# Saved data entries
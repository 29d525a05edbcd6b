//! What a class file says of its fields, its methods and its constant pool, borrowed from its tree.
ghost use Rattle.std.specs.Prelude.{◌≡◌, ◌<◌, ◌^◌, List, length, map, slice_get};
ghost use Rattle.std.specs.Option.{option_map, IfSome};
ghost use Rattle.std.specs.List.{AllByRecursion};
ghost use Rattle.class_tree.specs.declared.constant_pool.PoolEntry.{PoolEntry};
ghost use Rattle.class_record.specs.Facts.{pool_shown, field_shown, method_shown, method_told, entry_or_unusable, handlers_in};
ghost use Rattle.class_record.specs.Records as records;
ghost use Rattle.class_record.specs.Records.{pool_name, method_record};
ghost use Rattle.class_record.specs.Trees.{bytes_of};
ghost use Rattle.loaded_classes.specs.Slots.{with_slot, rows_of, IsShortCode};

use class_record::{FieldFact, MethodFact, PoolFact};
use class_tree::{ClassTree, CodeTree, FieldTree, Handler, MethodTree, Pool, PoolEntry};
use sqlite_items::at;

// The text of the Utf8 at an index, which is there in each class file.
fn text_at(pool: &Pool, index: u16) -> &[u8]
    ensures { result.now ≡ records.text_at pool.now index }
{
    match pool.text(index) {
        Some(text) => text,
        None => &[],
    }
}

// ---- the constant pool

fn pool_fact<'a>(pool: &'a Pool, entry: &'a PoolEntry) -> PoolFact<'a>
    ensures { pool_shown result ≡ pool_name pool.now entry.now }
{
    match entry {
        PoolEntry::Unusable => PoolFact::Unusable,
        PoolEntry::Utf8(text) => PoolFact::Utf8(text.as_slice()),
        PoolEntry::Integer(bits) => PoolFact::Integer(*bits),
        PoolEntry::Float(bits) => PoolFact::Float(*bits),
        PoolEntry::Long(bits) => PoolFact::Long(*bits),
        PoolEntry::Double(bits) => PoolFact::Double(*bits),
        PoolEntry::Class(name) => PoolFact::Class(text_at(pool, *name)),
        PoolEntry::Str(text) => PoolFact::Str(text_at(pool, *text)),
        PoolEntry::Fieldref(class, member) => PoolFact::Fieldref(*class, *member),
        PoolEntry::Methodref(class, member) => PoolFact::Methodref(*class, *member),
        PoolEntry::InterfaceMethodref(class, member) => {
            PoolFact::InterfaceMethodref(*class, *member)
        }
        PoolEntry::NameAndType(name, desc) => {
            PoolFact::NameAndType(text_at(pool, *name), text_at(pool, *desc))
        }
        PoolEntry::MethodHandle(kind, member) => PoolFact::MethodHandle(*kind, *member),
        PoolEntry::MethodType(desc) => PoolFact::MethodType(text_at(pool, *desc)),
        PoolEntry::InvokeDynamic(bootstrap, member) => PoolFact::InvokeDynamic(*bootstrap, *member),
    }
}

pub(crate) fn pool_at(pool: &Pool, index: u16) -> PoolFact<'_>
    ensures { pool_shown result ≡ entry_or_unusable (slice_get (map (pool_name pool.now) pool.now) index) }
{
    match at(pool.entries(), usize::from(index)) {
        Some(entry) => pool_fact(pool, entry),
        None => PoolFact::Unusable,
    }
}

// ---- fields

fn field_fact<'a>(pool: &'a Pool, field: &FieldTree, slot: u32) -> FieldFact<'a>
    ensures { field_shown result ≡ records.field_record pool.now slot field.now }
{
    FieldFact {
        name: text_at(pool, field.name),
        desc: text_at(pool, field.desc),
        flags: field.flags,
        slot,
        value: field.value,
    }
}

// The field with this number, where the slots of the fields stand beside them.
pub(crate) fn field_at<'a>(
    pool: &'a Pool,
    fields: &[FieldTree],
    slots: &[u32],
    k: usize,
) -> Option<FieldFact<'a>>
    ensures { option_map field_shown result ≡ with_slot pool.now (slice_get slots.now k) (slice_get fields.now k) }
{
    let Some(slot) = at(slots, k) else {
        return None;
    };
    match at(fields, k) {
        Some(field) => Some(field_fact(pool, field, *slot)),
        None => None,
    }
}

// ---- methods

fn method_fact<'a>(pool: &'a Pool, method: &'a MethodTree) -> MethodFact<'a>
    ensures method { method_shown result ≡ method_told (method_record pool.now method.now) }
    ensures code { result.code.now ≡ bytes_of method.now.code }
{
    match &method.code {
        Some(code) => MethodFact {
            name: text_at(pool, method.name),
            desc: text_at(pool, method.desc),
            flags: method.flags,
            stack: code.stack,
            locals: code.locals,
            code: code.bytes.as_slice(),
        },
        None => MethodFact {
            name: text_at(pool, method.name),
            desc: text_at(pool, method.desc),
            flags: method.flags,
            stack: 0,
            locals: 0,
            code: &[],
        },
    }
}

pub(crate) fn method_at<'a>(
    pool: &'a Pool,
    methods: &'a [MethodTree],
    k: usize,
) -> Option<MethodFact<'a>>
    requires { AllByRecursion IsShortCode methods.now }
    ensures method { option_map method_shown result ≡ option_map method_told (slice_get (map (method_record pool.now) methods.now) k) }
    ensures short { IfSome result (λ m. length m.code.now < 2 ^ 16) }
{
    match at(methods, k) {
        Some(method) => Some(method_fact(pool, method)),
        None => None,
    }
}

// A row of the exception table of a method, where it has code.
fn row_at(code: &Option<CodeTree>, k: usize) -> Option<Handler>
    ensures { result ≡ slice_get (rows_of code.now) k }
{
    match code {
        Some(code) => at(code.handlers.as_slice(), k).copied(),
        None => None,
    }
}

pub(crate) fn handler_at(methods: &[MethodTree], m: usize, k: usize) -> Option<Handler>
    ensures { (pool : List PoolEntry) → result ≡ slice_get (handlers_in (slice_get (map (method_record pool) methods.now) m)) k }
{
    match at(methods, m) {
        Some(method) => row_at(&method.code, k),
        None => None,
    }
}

* * *

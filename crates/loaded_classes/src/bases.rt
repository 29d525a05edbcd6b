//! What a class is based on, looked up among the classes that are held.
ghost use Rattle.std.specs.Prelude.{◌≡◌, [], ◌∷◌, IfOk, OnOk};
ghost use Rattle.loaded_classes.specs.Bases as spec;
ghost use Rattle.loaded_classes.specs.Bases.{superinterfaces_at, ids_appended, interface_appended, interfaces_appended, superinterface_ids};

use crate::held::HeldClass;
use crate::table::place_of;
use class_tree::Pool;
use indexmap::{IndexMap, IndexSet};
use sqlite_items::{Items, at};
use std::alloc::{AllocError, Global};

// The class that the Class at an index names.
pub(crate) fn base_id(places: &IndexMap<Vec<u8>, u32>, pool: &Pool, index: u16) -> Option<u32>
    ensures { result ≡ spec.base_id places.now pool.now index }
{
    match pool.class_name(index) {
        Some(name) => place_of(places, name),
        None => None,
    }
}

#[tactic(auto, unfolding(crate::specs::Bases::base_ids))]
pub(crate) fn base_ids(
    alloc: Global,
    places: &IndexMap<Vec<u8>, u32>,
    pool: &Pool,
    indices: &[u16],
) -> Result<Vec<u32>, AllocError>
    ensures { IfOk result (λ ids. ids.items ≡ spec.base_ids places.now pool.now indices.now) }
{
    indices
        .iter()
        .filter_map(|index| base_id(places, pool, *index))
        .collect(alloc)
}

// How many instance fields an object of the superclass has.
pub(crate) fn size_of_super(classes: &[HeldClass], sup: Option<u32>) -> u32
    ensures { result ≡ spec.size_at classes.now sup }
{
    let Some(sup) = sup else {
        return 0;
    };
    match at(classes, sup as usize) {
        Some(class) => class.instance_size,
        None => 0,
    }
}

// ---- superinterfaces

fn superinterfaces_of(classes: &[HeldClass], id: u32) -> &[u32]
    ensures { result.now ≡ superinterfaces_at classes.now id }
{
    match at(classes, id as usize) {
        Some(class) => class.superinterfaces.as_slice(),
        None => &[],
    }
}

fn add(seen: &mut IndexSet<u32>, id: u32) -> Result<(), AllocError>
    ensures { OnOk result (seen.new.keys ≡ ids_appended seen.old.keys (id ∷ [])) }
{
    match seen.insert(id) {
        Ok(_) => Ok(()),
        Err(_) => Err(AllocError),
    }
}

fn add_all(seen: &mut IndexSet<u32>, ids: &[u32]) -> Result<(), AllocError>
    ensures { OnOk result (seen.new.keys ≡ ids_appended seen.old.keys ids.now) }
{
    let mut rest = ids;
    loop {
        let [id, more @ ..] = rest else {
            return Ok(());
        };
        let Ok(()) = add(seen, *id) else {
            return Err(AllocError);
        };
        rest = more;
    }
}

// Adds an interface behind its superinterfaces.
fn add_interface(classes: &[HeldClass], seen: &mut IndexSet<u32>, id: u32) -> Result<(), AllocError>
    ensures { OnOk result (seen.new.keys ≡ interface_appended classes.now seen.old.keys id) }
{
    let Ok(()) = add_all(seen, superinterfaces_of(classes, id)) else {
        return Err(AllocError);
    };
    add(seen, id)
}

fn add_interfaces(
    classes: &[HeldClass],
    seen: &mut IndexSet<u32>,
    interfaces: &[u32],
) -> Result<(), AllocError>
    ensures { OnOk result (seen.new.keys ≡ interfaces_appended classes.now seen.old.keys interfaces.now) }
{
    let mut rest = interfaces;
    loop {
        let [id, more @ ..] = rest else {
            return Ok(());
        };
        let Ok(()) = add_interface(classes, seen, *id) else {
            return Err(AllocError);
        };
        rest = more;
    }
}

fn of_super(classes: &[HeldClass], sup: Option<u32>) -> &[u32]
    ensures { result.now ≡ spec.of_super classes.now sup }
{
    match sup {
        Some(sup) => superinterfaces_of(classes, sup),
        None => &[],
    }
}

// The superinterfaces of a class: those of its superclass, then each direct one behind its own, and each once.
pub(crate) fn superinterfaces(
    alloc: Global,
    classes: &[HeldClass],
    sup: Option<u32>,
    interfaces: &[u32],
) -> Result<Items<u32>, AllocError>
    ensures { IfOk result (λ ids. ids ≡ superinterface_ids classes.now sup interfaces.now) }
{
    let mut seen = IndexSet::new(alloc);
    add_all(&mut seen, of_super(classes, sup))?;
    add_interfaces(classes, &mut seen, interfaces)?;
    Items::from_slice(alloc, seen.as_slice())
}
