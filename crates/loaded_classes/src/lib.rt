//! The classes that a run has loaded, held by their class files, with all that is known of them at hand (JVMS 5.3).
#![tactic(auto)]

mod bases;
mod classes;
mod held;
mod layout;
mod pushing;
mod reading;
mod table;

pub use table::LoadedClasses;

---

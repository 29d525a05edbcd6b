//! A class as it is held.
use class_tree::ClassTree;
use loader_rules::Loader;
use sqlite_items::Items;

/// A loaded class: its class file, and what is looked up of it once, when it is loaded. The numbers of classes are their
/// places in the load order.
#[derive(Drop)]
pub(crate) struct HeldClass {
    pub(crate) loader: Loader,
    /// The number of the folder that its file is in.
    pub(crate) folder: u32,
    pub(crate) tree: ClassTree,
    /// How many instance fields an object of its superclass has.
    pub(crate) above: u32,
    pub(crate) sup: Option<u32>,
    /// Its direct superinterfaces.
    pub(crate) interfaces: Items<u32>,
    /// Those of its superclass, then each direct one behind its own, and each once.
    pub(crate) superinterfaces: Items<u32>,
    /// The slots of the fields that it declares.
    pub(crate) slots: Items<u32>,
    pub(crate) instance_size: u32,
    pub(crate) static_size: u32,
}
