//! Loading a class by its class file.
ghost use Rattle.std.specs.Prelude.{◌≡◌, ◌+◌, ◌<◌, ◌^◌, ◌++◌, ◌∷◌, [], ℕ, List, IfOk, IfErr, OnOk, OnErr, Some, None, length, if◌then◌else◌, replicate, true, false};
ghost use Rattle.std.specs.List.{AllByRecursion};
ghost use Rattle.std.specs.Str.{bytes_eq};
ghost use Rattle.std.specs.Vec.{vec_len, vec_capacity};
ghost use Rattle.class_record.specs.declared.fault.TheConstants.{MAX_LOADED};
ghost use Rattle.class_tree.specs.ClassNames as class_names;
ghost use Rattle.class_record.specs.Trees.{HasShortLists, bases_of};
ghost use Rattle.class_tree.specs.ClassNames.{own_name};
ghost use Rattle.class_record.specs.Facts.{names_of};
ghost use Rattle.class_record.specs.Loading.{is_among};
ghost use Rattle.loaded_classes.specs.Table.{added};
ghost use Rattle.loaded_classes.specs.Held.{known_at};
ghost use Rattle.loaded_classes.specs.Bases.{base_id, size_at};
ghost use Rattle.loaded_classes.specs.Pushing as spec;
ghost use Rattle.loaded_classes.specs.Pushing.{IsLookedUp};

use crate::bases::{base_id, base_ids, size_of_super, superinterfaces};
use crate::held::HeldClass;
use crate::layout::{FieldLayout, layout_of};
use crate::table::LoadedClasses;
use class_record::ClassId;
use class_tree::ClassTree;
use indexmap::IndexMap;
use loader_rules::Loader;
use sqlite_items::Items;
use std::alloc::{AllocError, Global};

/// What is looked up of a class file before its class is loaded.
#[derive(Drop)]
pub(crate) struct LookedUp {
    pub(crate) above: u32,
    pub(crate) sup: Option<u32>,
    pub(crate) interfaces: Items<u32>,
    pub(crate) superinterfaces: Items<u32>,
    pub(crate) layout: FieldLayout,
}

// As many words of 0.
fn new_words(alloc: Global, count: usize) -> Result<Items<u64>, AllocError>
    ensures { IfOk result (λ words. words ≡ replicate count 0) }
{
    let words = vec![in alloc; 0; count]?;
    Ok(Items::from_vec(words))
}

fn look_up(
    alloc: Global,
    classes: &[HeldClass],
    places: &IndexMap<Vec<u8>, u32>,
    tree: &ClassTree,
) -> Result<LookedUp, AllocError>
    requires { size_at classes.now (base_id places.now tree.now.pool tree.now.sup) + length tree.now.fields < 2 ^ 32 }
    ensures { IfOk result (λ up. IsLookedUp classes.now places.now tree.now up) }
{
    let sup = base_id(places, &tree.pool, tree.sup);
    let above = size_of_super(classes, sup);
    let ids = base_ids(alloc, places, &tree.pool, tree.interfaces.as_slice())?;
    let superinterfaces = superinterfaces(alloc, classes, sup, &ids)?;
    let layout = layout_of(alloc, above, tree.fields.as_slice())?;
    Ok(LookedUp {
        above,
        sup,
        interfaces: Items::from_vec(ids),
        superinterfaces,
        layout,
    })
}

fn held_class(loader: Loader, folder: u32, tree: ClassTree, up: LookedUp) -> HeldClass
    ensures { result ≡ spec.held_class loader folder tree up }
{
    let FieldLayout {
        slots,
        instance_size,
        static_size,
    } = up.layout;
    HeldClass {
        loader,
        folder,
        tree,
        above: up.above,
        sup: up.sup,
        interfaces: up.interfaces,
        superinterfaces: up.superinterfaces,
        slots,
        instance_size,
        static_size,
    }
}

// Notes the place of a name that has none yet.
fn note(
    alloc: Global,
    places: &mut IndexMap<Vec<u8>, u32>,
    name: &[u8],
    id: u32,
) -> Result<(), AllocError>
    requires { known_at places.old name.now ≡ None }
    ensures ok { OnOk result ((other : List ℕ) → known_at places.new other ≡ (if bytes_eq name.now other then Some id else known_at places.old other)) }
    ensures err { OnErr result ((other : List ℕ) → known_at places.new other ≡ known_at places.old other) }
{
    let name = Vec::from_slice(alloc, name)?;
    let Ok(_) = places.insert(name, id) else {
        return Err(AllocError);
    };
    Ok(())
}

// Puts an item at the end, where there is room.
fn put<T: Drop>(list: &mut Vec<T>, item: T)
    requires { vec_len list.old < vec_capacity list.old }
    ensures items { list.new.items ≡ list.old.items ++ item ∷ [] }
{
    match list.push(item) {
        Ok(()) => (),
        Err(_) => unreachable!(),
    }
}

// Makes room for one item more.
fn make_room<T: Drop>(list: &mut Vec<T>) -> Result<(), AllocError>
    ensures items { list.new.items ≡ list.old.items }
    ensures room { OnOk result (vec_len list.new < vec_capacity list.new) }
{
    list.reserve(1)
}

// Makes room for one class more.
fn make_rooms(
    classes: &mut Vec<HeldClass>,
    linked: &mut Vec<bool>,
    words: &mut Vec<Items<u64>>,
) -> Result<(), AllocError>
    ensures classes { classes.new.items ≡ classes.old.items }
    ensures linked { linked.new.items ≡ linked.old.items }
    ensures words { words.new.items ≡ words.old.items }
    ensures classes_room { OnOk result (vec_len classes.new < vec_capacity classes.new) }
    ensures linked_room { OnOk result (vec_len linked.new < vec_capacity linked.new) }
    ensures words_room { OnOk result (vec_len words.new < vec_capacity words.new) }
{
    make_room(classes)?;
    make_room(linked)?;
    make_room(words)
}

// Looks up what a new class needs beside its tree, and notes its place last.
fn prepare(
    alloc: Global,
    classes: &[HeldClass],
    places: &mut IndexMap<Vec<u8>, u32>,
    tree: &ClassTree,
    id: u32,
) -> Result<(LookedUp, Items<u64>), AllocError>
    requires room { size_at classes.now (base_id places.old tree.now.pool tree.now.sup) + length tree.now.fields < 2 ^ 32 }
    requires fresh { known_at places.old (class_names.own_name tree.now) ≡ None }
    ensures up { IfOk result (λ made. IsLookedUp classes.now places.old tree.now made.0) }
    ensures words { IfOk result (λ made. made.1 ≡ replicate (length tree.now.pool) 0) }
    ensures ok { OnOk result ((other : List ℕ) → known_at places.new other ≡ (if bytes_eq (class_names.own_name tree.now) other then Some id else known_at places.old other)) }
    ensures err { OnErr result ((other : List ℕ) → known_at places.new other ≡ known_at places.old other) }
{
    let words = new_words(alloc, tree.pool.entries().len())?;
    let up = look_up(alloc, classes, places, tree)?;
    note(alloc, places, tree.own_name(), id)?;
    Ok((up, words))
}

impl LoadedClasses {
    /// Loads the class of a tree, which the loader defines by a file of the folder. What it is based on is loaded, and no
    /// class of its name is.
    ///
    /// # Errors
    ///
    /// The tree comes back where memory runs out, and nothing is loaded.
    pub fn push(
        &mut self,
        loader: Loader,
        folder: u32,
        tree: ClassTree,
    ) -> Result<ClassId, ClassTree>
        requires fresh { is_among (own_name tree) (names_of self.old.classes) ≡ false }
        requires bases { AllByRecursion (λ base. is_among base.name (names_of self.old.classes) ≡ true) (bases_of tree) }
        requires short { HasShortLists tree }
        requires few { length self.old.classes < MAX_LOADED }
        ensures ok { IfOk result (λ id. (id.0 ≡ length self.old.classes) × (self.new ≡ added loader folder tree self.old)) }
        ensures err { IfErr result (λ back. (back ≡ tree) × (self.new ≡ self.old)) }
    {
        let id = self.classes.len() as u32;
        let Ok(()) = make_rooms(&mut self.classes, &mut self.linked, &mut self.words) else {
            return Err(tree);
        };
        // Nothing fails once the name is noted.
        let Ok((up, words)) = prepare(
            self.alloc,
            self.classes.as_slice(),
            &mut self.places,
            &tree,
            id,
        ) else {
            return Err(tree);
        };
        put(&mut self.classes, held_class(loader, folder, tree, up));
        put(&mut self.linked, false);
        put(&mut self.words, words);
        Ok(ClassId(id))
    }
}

# Task instructions
Starting from the records above, copy each line where the string "their" is found.

# Expected answer
//! The classes that a run has loaded, held by their class files, with all that is known of them at hand (JVMS 5.3).
/// A loaded class: its class file, and what is looked up of it once, when it is loaded. The numbers of classes are their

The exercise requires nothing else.